Top of DATA FOR THIS TASK

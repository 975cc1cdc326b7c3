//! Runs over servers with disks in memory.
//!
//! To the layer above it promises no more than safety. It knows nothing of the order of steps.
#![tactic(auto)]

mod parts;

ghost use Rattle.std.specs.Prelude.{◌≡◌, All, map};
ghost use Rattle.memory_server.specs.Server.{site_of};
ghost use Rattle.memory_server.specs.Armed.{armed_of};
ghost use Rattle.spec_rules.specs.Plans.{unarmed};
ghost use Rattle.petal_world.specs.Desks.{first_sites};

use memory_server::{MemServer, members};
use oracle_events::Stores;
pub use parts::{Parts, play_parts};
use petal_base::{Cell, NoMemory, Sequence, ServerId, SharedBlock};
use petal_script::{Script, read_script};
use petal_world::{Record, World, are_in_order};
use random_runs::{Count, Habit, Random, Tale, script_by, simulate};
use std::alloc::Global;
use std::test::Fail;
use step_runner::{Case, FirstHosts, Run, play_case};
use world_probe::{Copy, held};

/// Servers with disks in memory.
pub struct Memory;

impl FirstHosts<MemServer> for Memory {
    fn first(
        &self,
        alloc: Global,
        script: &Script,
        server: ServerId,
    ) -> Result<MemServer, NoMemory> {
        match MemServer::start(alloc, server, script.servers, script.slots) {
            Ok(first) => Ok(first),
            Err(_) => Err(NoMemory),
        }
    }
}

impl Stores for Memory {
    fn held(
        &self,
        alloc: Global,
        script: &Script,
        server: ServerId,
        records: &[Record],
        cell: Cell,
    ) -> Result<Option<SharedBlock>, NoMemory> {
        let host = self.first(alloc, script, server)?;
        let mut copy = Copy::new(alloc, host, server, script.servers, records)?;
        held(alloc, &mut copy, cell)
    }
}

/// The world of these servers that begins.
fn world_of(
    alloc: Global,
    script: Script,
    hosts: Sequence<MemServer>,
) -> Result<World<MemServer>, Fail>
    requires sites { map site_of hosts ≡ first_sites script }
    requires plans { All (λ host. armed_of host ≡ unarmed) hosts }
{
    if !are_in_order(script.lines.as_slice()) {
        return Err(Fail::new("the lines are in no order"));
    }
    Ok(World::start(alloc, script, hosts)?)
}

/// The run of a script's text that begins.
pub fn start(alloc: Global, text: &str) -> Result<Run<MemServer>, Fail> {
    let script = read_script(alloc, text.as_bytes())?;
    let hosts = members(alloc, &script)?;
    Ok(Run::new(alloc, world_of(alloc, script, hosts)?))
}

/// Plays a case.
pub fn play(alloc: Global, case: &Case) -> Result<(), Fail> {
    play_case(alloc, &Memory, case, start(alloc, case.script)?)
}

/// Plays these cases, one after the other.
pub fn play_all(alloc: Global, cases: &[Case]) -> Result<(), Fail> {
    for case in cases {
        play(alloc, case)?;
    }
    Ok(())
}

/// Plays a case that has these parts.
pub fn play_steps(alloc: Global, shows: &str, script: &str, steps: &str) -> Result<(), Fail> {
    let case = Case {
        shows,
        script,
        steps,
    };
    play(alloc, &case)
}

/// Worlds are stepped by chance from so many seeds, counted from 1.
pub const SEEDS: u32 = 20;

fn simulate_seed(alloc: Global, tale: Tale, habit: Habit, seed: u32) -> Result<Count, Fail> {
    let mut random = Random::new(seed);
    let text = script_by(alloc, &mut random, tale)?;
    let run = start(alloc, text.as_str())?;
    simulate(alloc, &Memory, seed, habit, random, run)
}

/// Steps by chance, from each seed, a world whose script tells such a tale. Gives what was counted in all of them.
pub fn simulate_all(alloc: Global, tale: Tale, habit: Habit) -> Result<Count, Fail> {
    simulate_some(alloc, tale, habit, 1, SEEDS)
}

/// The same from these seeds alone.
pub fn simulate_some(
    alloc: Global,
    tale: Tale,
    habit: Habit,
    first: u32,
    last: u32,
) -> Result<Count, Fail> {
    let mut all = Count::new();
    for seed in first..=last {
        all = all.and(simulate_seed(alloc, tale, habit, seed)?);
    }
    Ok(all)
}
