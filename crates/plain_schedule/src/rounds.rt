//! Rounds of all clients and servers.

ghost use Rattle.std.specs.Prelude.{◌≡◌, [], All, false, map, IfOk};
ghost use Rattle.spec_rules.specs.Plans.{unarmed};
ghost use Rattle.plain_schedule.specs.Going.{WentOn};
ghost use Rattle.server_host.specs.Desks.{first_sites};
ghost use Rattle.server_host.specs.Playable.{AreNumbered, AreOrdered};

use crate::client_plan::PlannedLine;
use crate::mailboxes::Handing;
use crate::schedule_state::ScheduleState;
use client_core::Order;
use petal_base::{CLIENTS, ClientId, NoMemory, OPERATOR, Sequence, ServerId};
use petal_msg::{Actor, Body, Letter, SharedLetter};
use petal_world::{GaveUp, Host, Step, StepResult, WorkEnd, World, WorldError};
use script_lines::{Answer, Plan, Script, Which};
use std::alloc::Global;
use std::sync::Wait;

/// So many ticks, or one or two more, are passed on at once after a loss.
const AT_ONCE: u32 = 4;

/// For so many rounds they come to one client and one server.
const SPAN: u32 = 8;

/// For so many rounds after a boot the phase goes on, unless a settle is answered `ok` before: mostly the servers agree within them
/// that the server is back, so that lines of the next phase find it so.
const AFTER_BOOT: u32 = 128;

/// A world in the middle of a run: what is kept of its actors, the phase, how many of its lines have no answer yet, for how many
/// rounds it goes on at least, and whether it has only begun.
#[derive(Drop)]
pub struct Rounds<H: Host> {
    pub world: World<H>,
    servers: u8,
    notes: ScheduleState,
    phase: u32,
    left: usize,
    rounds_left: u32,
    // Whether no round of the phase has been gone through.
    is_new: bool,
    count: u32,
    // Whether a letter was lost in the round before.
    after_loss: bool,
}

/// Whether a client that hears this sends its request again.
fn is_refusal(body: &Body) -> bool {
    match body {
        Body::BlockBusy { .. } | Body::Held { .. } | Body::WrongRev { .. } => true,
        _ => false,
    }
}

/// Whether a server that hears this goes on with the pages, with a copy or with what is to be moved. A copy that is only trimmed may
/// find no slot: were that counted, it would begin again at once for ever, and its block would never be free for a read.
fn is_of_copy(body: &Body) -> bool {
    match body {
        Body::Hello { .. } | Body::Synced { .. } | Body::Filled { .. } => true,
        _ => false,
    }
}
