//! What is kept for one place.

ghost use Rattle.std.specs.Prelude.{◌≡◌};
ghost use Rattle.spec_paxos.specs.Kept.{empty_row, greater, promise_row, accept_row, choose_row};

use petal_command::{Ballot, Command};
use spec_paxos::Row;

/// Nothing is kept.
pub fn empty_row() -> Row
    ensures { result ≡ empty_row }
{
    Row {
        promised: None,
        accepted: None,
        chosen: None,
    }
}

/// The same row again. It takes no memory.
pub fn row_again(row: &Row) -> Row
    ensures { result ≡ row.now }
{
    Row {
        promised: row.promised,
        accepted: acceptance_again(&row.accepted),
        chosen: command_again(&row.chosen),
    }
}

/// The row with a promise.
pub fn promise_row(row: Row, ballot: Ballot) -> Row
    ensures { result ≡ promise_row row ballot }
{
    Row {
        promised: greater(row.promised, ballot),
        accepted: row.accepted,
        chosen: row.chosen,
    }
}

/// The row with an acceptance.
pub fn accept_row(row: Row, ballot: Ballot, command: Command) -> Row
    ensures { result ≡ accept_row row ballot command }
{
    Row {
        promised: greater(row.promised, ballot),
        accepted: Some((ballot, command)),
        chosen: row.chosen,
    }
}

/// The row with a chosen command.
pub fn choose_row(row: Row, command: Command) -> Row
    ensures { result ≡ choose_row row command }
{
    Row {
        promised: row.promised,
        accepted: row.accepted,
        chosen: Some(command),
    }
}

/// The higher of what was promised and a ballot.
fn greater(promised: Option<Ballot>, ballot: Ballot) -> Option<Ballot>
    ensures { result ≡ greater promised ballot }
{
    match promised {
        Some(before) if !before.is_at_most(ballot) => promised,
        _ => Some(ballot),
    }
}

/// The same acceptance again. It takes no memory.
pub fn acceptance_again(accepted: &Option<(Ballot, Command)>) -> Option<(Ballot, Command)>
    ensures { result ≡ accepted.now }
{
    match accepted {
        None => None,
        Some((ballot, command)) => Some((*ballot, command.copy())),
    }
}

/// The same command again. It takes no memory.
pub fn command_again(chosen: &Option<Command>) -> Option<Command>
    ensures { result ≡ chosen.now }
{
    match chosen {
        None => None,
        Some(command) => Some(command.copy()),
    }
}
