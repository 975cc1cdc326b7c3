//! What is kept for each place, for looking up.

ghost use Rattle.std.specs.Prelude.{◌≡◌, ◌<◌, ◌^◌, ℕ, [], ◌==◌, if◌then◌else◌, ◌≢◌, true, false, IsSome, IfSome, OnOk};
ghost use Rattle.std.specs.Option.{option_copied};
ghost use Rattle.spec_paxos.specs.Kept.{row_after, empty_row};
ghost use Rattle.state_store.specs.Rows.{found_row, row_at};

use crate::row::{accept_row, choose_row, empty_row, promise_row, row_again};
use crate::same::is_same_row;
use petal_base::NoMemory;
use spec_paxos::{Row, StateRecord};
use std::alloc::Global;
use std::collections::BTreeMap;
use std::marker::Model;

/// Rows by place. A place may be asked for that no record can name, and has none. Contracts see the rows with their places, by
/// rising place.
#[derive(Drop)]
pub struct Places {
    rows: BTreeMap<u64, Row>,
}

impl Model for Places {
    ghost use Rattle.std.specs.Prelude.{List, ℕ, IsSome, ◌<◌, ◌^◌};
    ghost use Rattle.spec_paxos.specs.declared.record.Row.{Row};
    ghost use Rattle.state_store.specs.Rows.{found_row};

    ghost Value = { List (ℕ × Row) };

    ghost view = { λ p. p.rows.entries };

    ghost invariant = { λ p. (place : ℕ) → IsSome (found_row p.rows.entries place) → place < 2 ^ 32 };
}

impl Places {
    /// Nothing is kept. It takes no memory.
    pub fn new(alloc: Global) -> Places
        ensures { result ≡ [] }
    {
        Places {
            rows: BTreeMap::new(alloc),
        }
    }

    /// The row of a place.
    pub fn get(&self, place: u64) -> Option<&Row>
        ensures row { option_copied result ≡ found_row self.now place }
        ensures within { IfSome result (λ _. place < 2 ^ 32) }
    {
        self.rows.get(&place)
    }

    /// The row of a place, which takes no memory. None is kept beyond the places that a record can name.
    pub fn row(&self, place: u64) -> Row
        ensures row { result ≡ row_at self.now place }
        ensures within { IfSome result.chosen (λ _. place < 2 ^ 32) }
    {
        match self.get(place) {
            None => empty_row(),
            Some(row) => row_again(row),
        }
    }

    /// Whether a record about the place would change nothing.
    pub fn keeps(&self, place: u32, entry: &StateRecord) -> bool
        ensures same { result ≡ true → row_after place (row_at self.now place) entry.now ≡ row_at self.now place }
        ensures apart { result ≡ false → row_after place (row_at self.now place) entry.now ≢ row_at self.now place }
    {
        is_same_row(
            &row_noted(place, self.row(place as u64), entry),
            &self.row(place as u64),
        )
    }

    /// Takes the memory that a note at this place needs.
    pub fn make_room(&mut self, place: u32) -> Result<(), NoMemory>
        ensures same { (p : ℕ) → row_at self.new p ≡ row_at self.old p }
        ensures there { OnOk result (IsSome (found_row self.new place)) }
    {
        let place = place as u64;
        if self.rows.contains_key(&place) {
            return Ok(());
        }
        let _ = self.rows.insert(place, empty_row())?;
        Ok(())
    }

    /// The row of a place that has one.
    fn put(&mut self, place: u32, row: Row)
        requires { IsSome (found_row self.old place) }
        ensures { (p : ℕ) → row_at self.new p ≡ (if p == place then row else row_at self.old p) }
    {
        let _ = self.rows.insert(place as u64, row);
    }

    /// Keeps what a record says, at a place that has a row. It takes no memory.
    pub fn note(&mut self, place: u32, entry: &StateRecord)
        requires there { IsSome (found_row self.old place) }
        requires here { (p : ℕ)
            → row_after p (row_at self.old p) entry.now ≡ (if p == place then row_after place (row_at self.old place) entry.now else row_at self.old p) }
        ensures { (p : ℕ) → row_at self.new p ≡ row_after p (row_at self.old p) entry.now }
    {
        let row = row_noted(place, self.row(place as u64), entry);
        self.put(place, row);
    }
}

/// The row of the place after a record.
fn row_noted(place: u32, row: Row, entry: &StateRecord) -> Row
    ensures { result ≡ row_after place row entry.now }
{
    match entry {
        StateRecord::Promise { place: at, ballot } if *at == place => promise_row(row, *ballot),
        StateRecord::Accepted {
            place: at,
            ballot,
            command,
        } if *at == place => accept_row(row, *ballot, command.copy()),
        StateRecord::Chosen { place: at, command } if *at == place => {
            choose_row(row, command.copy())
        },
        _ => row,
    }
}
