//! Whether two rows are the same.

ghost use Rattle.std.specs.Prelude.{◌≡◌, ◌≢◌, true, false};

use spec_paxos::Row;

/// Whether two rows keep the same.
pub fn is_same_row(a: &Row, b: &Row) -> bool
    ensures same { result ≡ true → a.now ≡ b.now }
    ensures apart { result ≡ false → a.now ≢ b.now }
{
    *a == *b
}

Bottom of DATA FOR THIS TASK
Top of DATA FOR THIS TASK

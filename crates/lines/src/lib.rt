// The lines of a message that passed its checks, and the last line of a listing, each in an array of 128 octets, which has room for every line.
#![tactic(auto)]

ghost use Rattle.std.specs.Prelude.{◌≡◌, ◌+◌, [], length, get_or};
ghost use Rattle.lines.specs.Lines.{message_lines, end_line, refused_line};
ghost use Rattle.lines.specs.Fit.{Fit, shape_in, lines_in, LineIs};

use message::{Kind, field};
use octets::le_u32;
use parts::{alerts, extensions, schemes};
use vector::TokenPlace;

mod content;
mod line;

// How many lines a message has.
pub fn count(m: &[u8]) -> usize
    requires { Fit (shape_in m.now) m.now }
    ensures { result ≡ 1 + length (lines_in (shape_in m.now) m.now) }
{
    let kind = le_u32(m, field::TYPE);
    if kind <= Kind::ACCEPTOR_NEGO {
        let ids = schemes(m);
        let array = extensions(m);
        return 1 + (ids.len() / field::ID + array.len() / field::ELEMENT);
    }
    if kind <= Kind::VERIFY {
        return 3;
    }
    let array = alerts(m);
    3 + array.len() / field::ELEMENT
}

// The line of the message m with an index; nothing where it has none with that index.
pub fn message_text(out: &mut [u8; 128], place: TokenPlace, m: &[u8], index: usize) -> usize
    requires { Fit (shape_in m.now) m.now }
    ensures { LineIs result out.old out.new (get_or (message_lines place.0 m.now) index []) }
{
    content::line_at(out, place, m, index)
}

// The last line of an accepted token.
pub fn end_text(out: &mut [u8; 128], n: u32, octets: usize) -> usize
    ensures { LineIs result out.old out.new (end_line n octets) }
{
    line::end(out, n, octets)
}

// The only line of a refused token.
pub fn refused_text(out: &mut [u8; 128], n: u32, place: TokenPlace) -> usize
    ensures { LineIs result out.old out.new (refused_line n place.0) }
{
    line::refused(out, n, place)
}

Bottom of DATA FOR THIS TASK
Top of DATA FOR THIS TASK

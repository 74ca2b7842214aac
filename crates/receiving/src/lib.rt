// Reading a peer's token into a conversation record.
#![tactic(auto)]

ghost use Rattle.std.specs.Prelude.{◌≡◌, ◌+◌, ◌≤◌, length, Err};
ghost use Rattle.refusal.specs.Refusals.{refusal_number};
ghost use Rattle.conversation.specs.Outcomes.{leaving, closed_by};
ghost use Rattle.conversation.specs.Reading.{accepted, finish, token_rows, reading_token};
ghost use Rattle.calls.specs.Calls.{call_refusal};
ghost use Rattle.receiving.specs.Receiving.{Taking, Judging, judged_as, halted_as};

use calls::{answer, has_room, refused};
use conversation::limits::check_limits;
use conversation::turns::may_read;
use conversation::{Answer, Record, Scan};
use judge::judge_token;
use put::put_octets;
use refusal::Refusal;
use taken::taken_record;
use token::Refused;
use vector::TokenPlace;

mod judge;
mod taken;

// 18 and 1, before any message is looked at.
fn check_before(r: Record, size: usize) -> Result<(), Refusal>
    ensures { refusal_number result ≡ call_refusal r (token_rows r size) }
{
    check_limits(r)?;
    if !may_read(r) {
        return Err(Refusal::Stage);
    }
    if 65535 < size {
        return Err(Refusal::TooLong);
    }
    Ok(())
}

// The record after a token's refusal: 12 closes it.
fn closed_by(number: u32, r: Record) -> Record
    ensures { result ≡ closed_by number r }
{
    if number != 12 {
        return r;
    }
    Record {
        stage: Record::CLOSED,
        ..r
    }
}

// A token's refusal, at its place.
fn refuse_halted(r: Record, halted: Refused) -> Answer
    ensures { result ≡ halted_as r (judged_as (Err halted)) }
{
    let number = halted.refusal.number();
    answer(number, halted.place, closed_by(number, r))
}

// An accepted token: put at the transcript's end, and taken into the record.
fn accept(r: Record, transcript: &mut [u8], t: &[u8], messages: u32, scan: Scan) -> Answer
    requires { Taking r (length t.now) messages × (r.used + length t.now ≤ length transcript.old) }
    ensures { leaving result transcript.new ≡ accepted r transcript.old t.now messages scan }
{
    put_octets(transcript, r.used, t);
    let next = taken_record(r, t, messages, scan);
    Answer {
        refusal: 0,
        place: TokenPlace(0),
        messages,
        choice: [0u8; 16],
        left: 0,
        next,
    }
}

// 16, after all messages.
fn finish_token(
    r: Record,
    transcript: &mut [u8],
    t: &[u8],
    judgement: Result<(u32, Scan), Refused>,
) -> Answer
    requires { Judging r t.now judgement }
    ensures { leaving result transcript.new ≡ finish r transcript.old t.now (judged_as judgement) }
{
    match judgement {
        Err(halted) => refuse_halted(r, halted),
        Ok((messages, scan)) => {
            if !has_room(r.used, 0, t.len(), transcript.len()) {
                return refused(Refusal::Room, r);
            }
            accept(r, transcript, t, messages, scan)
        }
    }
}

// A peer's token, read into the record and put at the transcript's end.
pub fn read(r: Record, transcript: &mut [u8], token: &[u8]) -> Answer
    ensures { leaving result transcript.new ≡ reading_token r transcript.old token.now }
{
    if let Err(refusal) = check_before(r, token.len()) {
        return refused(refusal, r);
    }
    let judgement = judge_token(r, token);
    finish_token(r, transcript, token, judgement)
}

Bottom of DATA FOR THIS TASK

— WHAT TO PRODUCE —
Copy from the entries above each line in which the string "Sequence" can be found.

— TASK RESULT —
use petal_base::{Cell, NoMemory, Sequence, ServerId, SharedBlock};
    hosts: Sequence<MemServer>,
use petal_base::{CLIENTS, ClientId, NoMemory, OPERATOR, Sequence, ServerId};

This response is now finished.